- Work instructions
Lines from the beginning of the data through the line containing "use book_usage::Book;" are to be copied exactly, with no other line included.

- Data supplied
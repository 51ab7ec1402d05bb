//! What uses a quota, counted over all rows of a book.

ghost use Rattle.std.specs.Prelude.{◌≡◌, ◌≤◌, count_by};
ghost use Rattle.model_rows.specs.Conditions.{is_paid, is_pending};
ghost use Rattle.model_rows.specs.Usage.{usage_of, position_counts, is_released, exit_counts, blocked_by, is_covered, cart_counts, waits_for};
ghost use Rattle.book_usage.specs.Counts.{paid_in, pending_in, exited_in, blocked_in, carts_in_quota};

use base_values::Moment;
use book_usage::Book;
use book_usage::rules::{blocks, is_paid, is_pending, left_of};
use model_catalogue::Quota;
use model_rows::passages::is_exit_if;
use model_rows::{CartPos, OrderPos, Usage, Voucher};

/// What uses any quota at a moment, whether it stands or not. All rows are looked at: for a quota that is new, or whose
/// products change, or whether it releases places.
#[tactic(auto, unfolding(model_rows::specs::Usage::usage_of))]
pub fn recount<B: Book>(book: &B, quota: &Quota, at: Moment) -> Usage
    ensures { result ≡ usage_of (B.state book.now).lists at quota.now }
{
    Usage {
        paid: paid_in(book, quota),
        pending: pending_in(book, quota),
        blocked: blocked_in(book, quota, at),
        carts: carts_in(book, quota, at),
        waiting: waiting_in(book, quota),
        exited: exited_in(book, quota),
    }
}

// The positions of paid orders.
fn paid_in<B: Book>(book: &B, quota: &Quota) -> u64
    ensures { result ≡ paid_in (B.state book.now).lists quota.now }
{
    let positions = book.positions();
    positions
        .iter()
        .filter(|p| is_paid_in(book, quota, p))
        .count() as u64
}

fn is_paid_in<B: Book>(book: &B, quota: &Quota, position: &OrderPos) -> bool
    ensures { result ≡ position_counts is_paid (B.state book.now).lists quota.now position.now }
{
    is_paid(book.order(position.order)) && quota.has(position.product)
}

// The positions of pending orders.
fn pending_in<B: Book>(book: &B, quota: &Quota) -> u64
    ensures { result ≡ pending_in (B.state book.now).lists quota.now }
{
    let positions = book.positions();
    positions
        .iter()
        .filter(|p| is_pending_in(book, quota, p))
        .count() as u64
}

fn is_pending_in<B: Book>(book: &B, quota: &Quota, position: &OrderPos) -> bool
    ensures { result ≡ position_counts is_pending (B.state book.now).lists quota.now position.now }
{
    is_pending(book.order(position.order)) && quota.has(position.product)
}

// The places that vouchers block.
fn blocked_in<B: Book>(book: &B, quota: &Quota, at: Moment) -> u64
    ensures { result ≡ blocked_in (B.state book.now).lists at quota.now }
{
    book.recall_invariant();
    let mut blocked = 0;
    for voucher in book.vouchers() {
        blocked += blocked_by(book, quota, at, voucher);
    }
    blocked
}

// The places that a voucher blocks.
#[tactic(auto, unfolding(model_rows::specs::Usage::blocked_by))]
fn blocked_by<B: Book>(book: &B, quota: &Quota, at: Moment, voucher: &Voucher) -> u64
    ensures value { result ≡ blocked_by (B.state book.now).lists at quota.now voucher.now }
    ensures small { result ≤ 4294967295 }
{
    if voucher.blocks(at, quota) {
        left_of(voucher, book.redeemed(voucher.id))
    } else {
        0
    }
}

// The cart positions.
fn carts_in<B: Book>(book: &B, quota: &Quota, at: Moment) -> u64
    ensures { result ≡ carts_in_quota (B.state book.now).lists at quota.now }
{
    let carts = book.carts();
    carts
        .iter()
        .filter(|c| cart_counts(book, quota, at, c))
        .count() as u64
}

fn cart_counts<B: Book>(book: &B, quota: &Quota, at: Moment, cart: &CartPos) -> bool
    ensures { result ≡ cart_counts (B.state book.now).lists at quota.now cart.now }
{
    cart.is_live(at) && quota.has(cart.product) && !is_covered(book, quota, at, cart)
}

// Whether the voucher that a cart position names blocks places of the quota.
fn is_covered<B: Book>(book: &B, quota: &Quota, at: Moment, cart: &CartPos) -> bool
    ensures { result ≡ is_covered (B.state book.now).lists at quota.now cart.now }
{
    match cart.voucher {
        None => false,
        Some(id) => blocks(at, quota, book.voucher(id)),
    }
}

// The entries that wait.
fn waiting_in<B: Book>(book: &B, quota: &Quota) -> u64
    ensures { result ≡ count_by (waits_for quota.now) (B.state book.now).lists.waiting }
{
    let entries = book.waiting();
    entries.iter().filter(|e| e.waits_for(quota)).count() as u64
}

// The positions of paid orders that have gone out, where the quota releases places.
fn exited_in<B: Book>(book: &B, quota: &Quota) -> u64
    ensures { result ≡ exited_in (B.state book.now).lists quota.now }
{
    let positions = book.positions();
    positions
        .iter()
        .filter(|p| is_exited_in(book, quota, p))
        .count() as u64
}

fn is_exited_in<B: Book>(book: &B, quota: &Quota, position: &OrderPos) -> bool
    ensures { result ≡ exit_counts (B.state book.now).lists quota.now position.now }
{
    is_paid(book.order(position.order))
        && (quota.has(position.product) && is_released(book, quota, position))
}

// Whether a position has gone out, and the quota lets its place be sold again.
#[tactic(auto, unfolding(model_rows::specs::Passages::is_out))]
fn is_released<B: Book>(book: &B, quota: &Quota, position: &OrderPos) -> bool
    ensures { result ≡ is_released (B.state book.now).lists quota.now position.now }
{
    quota.release_after_exit && is_exit_if(book.last_at(position.id))
}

- Response below
repository 51ab7ec1402d05bb
//! What uses a quota, counted over all rows of a book.

ghost use Rattle.std.specs.Prelude.{◌≡◌, ◌≤◌, count_by};
ghost use Rattle.model_rows.specs.Conditions.{is_paid, is_pending};
ghost use Rattle.model_rows.specs.Usage.{usage_of, position_counts, is_released, exit_counts, blocked_by, is_covered, cart_counts, waits_for};
ghost use Rattle.book_usage.specs.Counts.{paid_in, pending_in, exited_in, blocked_in, carts_in_quota};

use base_values::Moment;
use book_usage::Book;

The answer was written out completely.